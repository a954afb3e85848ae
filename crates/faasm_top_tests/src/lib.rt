//! Tests of whole commands, and of calls through the crates below them, in a crate of their own so that
//! the commands are not proved again below them.
#![tactic(auto)]

#[cfg(test)]
mod call_host_tests;
#[cfg(test)]
mod call_tests;
#[cfg(test)]
mod check_tests;
#[cfg(test)]
mod host_tests;
#[cfg(test)]
mod session_tests;
#[cfg(test)]
mod tests;
#[cfg(test)]
mod trace_tests;
#[cfg(test)]
mod word_tests;
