//! A host call that is asked for and answered.

ghost use Rattle.std.specs.Prelude.{◌≡◌, None, IfSome};
ghost use Rattle.faaslet_meaning.specs.Decoding.{first_passed};
ghost use Rattle.faaslet_meaning.specs.Runnable.{Runnable};

use faaslet_meaning::{Outcome, Trap};
use function_rules::fits;
use proto_faaslet::{Proto, empty_memory, machine_over};
use std::alloc::Global;
use std::test::Fail;
use wasm_decode::decode;
use wasm_interp::Event;
use wasm_validate::{ValidModule, validate};

/// The number of `input_size`, by its place among the host calls.
const INPUT_SIZE: u32 = 16;

/// `main` asks for the length of the input and returns it.
const ASKS: [u8; 59] = [
    0x00, 0x61, 0x73, 0x6D, 0x01, 0x00, 0x00, 0x00, 0x01, 0x05, 0x01, 0x60, 0x00, 0x01, 0x7F, 0x02,
    0x14, 0x01, 0x05, 0x66, 0x61, 0x61, 0x73, 0x6D, 0x0A, 0x69, 0x6E, 0x70, 0x75, 0x74, 0x5F, 0x73,
    0x69, 0x7A, 0x65, 0x00, 0x00, 0x03, 0x02, 0x01, 0x00, 0x07, 0x08, 0x01, 0x04, 0x6D, 0x61, 0x69,
    0x6E, 0x00, 0x01, 0x0A, 0x06, 0x01, 0x04, 0x00, 0x10, 0x00, 0x0B,
];

/// The module in these bytes, where a function may have it.
fn read(alloc: Global, bytes: &[u8]) -> Option<ValidModule>
    ensures runnable { IfSome result (λ m. Runnable m) }
    ensures limits { IfSome result (λ m. first_passed m ≡ None) }
{
    let Ok(module) = decode(alloc, bytes) else {
        return None;
    };
    let Ok(module) = validate(alloc, module) else {
        return None;
    };
    match fits(&module) {
        Ok(()) => Some(module),
        Err(_) => None,
    }
}

/// What `main` comes to once the length that it asks for is answered so, and the fuel that it used.
fn answered(
    alloc: Global,
    module: &ValidModule,
    length: Result<u64, Trap>,
) -> Result<(Event, u64), Fail>
    requires runnable { Runnable «module».now }
    requires limits { first_passed «module».now ≡ None }
{
    let Ok(proto) = Proto::build(alloc, module, 1, 10) else {
        return Err(Fail::new("no snapshot"));
    };
    let mut machine = machine_over(alloc, module, empty_memory(alloc, 64)?)?;
    proto.restore(&mut machine, 10);
    let Event::Host(ask) = machine.run() else {
        return Err(Fail::new("no host call"));
    };
    if ask.call != INPUT_SIZE {
        return Err(Fail::new("another host call"));
    }
    machine.resume_host(length.map(Some));
    let event = machine.run();
    Ok((event, machine.used()))
}

#[test]
fn the_length_of_the_input(rt: HostRuntime) -> Result<(), Fail> {
    let alloc = rt.alloc();
    let Some(module) = read(alloc, &ASKS) else {
        return Err(Fail::new("no module that a function may have"));
    };
    let rows = [
        (Ok(7), Outcome::Done(7)),
        (Err(Trap::CallRange), Outcome::Trap(Trap::CallRange)),
    ];
    for (length, want) in rows {
        // The `call` costs one, the end of the body nothing.
        let ran = answered(alloc, &module, length)?;
        assert_eq!(rt; ran, (Event::Ended(want), 1), "{length:?}");
    }
    Ok(())
}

+-------+

Repeat the lines from the first one in the records through the line containing "fn read(alloc: Global, bytes: &[u8])", exactly as written, and nothing else.

Your response:
repository a954afb3e85848ae
filename crates/faasm_top_tests/src/lib.rt
//! Tests of whole commands, and of calls through the crates below them, in a crate of their own so that
//! the commands are not proved again below them.
#![tactic(auto)]

#[cfg(test)]
mod call_host_tests;
#[cfg(test)]
mod call_tests;
#[cfg(test)]
mod check_tests;
#[cfg(test)]
mod host_tests;
#[cfg(test)]
mod session_tests;
#[cfg(test)]
mod tests;
#[cfg(test)]
mod trace_tests;
#[cfg(test)]
mod word_tests;
//! A host call that is asked for and answered.

ghost use Rattle.std.specs.Prelude.{◌≡◌, None, IfSome};
ghost use Rattle.faaslet_meaning.specs.Decoding.{first_passed};
ghost use Rattle.faaslet_meaning.specs.Runnable.{Runnable};

use faaslet_meaning::{Outcome, Trap};
use function_rules::fits;
use proto_faaslet::{Proto, empty_memory, machine_over};
use std::alloc::Global;
use std::test::Fail;
use wasm_decode::decode;
use wasm_interp::Event;
use wasm_validate::{ValidModule, validate};

/// The number of `input_size`, by its place among the host calls.
const INPUT_SIZE: u32 = 16;

/// `main` asks for the length of the input and returns it.
const ASKS: [u8; 59] = [
    0x00, 0x61, 0x73, 0x6D, 0x01, 0x00, 0x00, 0x00, 0x01, 0x05, 0x01, 0x60, 0x00, 0x01, 0x7F, 0x02,
    0x14, 0x01, 0x05, 0x66, 0x61, 0x61, 0x73, 0x6D, 0x0A, 0x69, 0x6E, 0x70, 0x75, 0x74, 0x5F, 0x73,
    0x69, 0x7A, 0x65, 0x00, 0x00, 0x03, 0x02, 0x01, 0x00, 0x07, 0x08, 0x01, 0x04, 0x6D, 0x61, 0x69,
    0x6E, 0x00, 0x01, 0x0A, 0x06, 0x01, 0x04, 0x00, 0x10, 0x00, 0x0B,
];

/// The module in these bytes, where a function may have it.
fn read(alloc: Global, bytes: &[u8]) -> Option<ValidModule>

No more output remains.